Smith leaned across the bed on which the unconscious man lay and grasped my shoulder.

“Fu Manchu has recovered her. It may be an odd thing to say, when speaking of the greatest power for evil living in the world today, but for my part I would rather think of her with the Doctor than with—”

“Lou Cabot? Yes, I agree.”

“In taking no part in your conversation, gentlemen,” said Dr. Andrews, “I am actuated by a very simple motive. I don’t know what you are talking about. That there is or was someone called Dr. Fu Manchu I seem to have heard, certainly. In what way he is associated with my two patients I do not know. But regarding Lou Cabot—I presume you refer to the proprietor of The Passion Fruit Tree—you touch upon familiar territory. I have had the doubtful honour of attending this man on more than one occasion.”

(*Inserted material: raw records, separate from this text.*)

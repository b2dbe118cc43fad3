//! The meter of events, and meters for what is read outside of events.
ghost use Rattle.std.specs.Prelude.{◌≡◌};

use pim_meter::{Auditor, Meter, close};

/// The one meter of a router's events. The auditor stays with the router: no event is lent it, so that an event can
/// neither make a meter nor set one back.
pub(crate) struct Probes {
    auditor: Auditor,
    /// The nodes that the last event visited.
    pub(crate) meter: Meter,
}

// Drops probes by ending the meter with the auditor and closing the auditor, since neither may be dropped itself.
impl Drop for Probes {
    fn drop(self) {
        let Probes { auditor, meter } = self;
        auditor.end(meter);
        close(auditor);
    }
}

impl Probes {
    /// No event was taken: the count is 0.
    pub(crate) fn new() -> Probes
        ensures { result.meter ≡ 0 }
    {
        let auditor = Auditor::new();
        let meter = auditor.meter();
        Probes { auditor, meter }
    }

    /// An event begins: none of its nodes is visited.
    pub(crate) fn begin(&mut self)
        ensures { self.new.meter ≡ 0 }
    {
        self.auditor.begin(&mut self.meter);
    }

    /// A meter for what is read outside of events.
    pub(crate) fn outside(&self) -> Outside<'_> {
        Outside {
            auditor: &self.auditor,
            meter: self.auditor.meter(),
        }
    }
}

/// A meter for what is read outside of events. It ends where this is dropped, and no user sees its count.
pub(crate) struct Outside<'a> {
    auditor: &'a Auditor,
    pub(crate) meter: Meter,
}

impl Drop for Outside<'_> {
    fn drop(self) {
        let Outside { auditor, meter } = self;
        auditor.end(meter);
    }
}
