/// The rows of the forwarding cache that the last event evaluated, put in and took out.
#[unsafe(no_mangle)]
pub extern "C" fn viq_core_touched(alloc: Global, router: &mut Handle) -> u64
    ensures touched { result ≡ touched_in router.old.place.inside }
    ensures stays { router.new.place.inside ≡ router.old.place.inside }
{
    let Some(session) = router.take(alloc) else {
        return 0;
    };
    let touched = session.touched();
    router.put(session);
    touched
}

/// The record of a call without a list: as many of its bytes as the buffer holds are written into it, and how many there
/// are, 0 where no kind of call has the letter.
#[unsafe(no_mangle)]
pub extern "C" fn viq_core_record(
    alloc: Global,
    call: &GivenCall,
    packet: &[u8],
    room: &mut [u8],
    size: &mut usize,
) -> u32
    ensures { Written (given_text call.now packet.now) result size.old size.new room.old room.new }
{
    recorded::tell(recorded::call_record(alloc, call, packet), room, size)
}

/// The record of new unicast routes, written so.
#[unsafe(no_mangle)]
pub extern "C" fn viq_core_record_routes(
    alloc: Global,
    call: &GivenCall,
    routes: &[GivenRoute],
    room: &mut [u8],
    size: &mut usize,
) -> u32
    ensures { Written (routes_text call.now routes.now) result size.old size.new room.old room.new }
{
    recorded::tell(recorded::routes_record(alloc, call, routes), room, size)
}

/// The record of new RP ranges, written so.
#[unsafe(no_mangle)]
pub extern "C" fn viq_core_record_ranges(
    alloc: Global,
    call: &GivenCall,
    ranges: &[GivenRange],
    room: &mut [u8],
    size: &mut usize,
) -> u32
    ensures { Written (ranges_text call.now ranges.now) result size.old size.new room.old room.new }
{
    recorded::tell(recorded::ranges_record(alloc, call, ranges), room, size)
}

/// The record of new candidate RPs, written so.
#[unsafe(no_mangle)]
pub extern "C" fn viq_core_record_candidates(
    alloc: Global,
    call: &GivenCall,
    candidates: &[GivenCandidate],
    room: &mut [u8],
    size: &mut usize,
) -> u32
    ensures { Written (candidates_text call.now candidates.now) result size.old size.new room.old room.new }
{
    let record = recorded::candidates_record(alloc, call, candidates);
    recorded::tell(record, room, size)
}

/// The record of sets of RPs that share an address, written so.
#[unsafe(no_mangle)]
pub extern "C" fn viq_core_record_anycast(
    alloc: Global,
    call: &GivenCall,
    sets: &[GivenRpSet<'_>],
    room: &mut [u8],
    size: &mut usize,
) -> u32
    ensures { Written (rp_sets_text call.now sets.now) result size.old size.new room.old room.new }
{
    recorded::tell(recorded::rp_sets_record(alloc, call, sets), room, size)
}

/// The record of another configuration, written so.
#[unsafe(no_mangle)]
pub extern "C" fn viq_core_record_reload(
    alloc: Global,
    call: &GivenCall,
    given: &GivenConfiguration<'_>,
    room: &mut [u8],
    size: &mut usize,
) -> u32
    ensures { Written (reload_text call.now (config_of given.now))
        result size.old size.new room.old room.new }
{
    let Ok(config) = given::config(alloc, given) else {
        return MEMORY;
    };
    recorded::tell(recorded::reload_record(alloc, call, &config), room, size)
}

/// The record of another configuration by a map of places, written so.
#[unsafe(no_mangle)]
pub extern "C" fn viq_core_record_reload_places(
    alloc: Global,
    call: &GivenCall,
    given: &GivenConfiguration<'_>,
    places: &[u32],
    room: &mut [u8],
    size: &mut usize,
) -> u32
    ensures { Written (placed_text call.now (config_of given.now) places.now)
        result size.old size.new room.old room.new }
{
    let Ok(config) = given::config(alloc, given) else {
        return MEMORY;
    };
    let record = recorded::placed_record(alloc, call, &config, places);
    recorded::tell(record, room, size)
}

/// The sum of the packets that are to be sent, as it is in a record.
#[unsafe(no_mangle)]
pub extern "C" fn viq_core_sum(alloc: Global, router: &mut Handle) -> u32
    ensures sum { result ≡ sum_of (packets_in router.old.place.inside) }
    ensures stays { router.new.place.inside ≡ router.old.place.inside }
{
    let Some(session) = router.take(alloc) else {
        return pim_saver::sum_of(&[]);
    };
    let sum = pim_saver::sum_of(session.sent());
    router.put(session);
    sum
}
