use crate::plane::{bare_packet, keep, offer};
use crate::probes::Probes;
use pim_event::{Core, Replaced, take_in};
use pim_fanout::Cache;
use pim_intake::LentEvent;
use pim_messages::Room;
use pim_mfc::{CacheRow, Offered};
use pim_rows::{Row, Table};
use pim_state::{Meter, World};
use pim_types::{
    Addr, Config, Emission, Event, Fault, IfaceId, Outcome, Refusal, SourceGroup, Verdict,
};
use std::alloc::{AllocError, Global};
use std::marker::Model;

// The latest timestamp that an event may have, in ms.
const LAST_MOMENT: u64 = 1 << 62;

/// A router. Once an allocation was refused in an event it has failed: it has no state any more, and answers `Failed`.
#[derive(Drop)]
pub struct Router {
    failed: bool,
    // All facts, the forwarding cache, what the last event replaced, and the memory of packets.
    core: Core,
    // How many copies of a data packet the last event sent on links.
    copies: u32,
    probes: Probes,
}

impl Model for Router {
    ghost use Rattle.std.specs.List.Sorted.{IsStrictlySortedBy};
    ghost use Rattle.std.specs.Prelude.{Ok, Some, false, if◌then◌else◌, true, ◌≡◌};
    ghost use Rattle.pim_fanout.specs.Refreshing.{touches};
    ghost use Rattle.law_events.specs.Rest.{IsAtRest};
    ghost use Rattle.pim_mfc.specs.Laws.{ShowsRows};
    ghost use Rattle.pim_model.specs.Cache.{cached};
    ghost use Rattle.pim_model.specs.Full.{counted};
    ghost use Rattle.pim_model.specs.Limits.{config_test};
    ghost use Rattle.law_states.specs.NearStates.{is_near};
    ghost use Rattle.law_states.specs.Reload.{config_of};
    ghost use Rattle.pim_router.specs.Standing.{Shown, nothing_shown};
    ghost use Rattle.pim_types.specs.Keys.{key_cmp};

    ghost Value = { Shown };

    ghost view = { λ r. if r.failed then nothing_shown else record {
      standing = Some (record { state = r.core.world; copies = r.copies });
      probes = r.probes.meter;
      touched = touches r.core.cache;
      changed = r.core.cache.changed;
      disturbed = record { touched = r.core.cache.disturbed; replaced = r.core.replaced };
    } };

    ghost invariant = { λ r. r.failed ≡ false → IsAtRest r.core.world
        × ShowsRows r.core.cache.mfc.rows (cached r.core.world) × IsStrictlySortedBy key_cmp r.core.cache.changed
        × (config_test (config_of r.core.world) ≡ Ok tt) × (is_near r.core.world ≡ true) };
}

“You will attend him no more,” said Smith.

“What is that?”

“He’s dead,” I began.

Smith flashed a silent, urgent message to me, and: “He died tonight, doctor, up at Santurce,” he explained, “under mysterious circumstances.”

“Good riddance!” murmuredDr. Andrews. “A more cunning villain never contrived to plant himself in the Canal Zone. The fellow was an agent for some foreign government. Doctors must not tell, but I heard strange things when he was delirious on one occasion.”

“Foreign government,” murmured Smith, staring shrewdly at the speaker. “Perhaps a foreign power, doctor, but not a government—yet.”

* * *

Several hours elapsed before Barton became capable of coherent speech. The man drugged with hashish cigarettes was causing Dr. Andrews some anxiety. Lying back in an armchair, visibly pale in spite of a sun-tan on a naturally florid skin, Barton stared at us. It was dawn, and to me a wretched one.

No clue, not even the most slender, as to the whereabouts of Ardatha had been picked up. Flammario had forced a confession from the hunchback Paulo. The agents of the Si-Fan had intercepted him as he had returned with the news for which she was seeking. In this way, by less than twenty minutes, the Si-Fan ‘ had anticipated our visit to the villa occupied by Lou Cabot, the circumstances of whose death the authorities had agreed to hush up in the interest of the vastly more important inquiry being carried out by Nayland Smith.

“I must be getting old,” said Barton weakly. “At any rate, I feel damned sick. Definitely, I refuse to drink any more coffee.”

“Very well,” said Smith, “but whisky is taboo until tomorrow.”

“Tomorrow! It’s tomorrow already,” growled Barton. His blue eyes were rapidly regaining their normal fire. “Naturally you want to know how I came to make such an infernal ass of myself. Well, I can’t tell you.”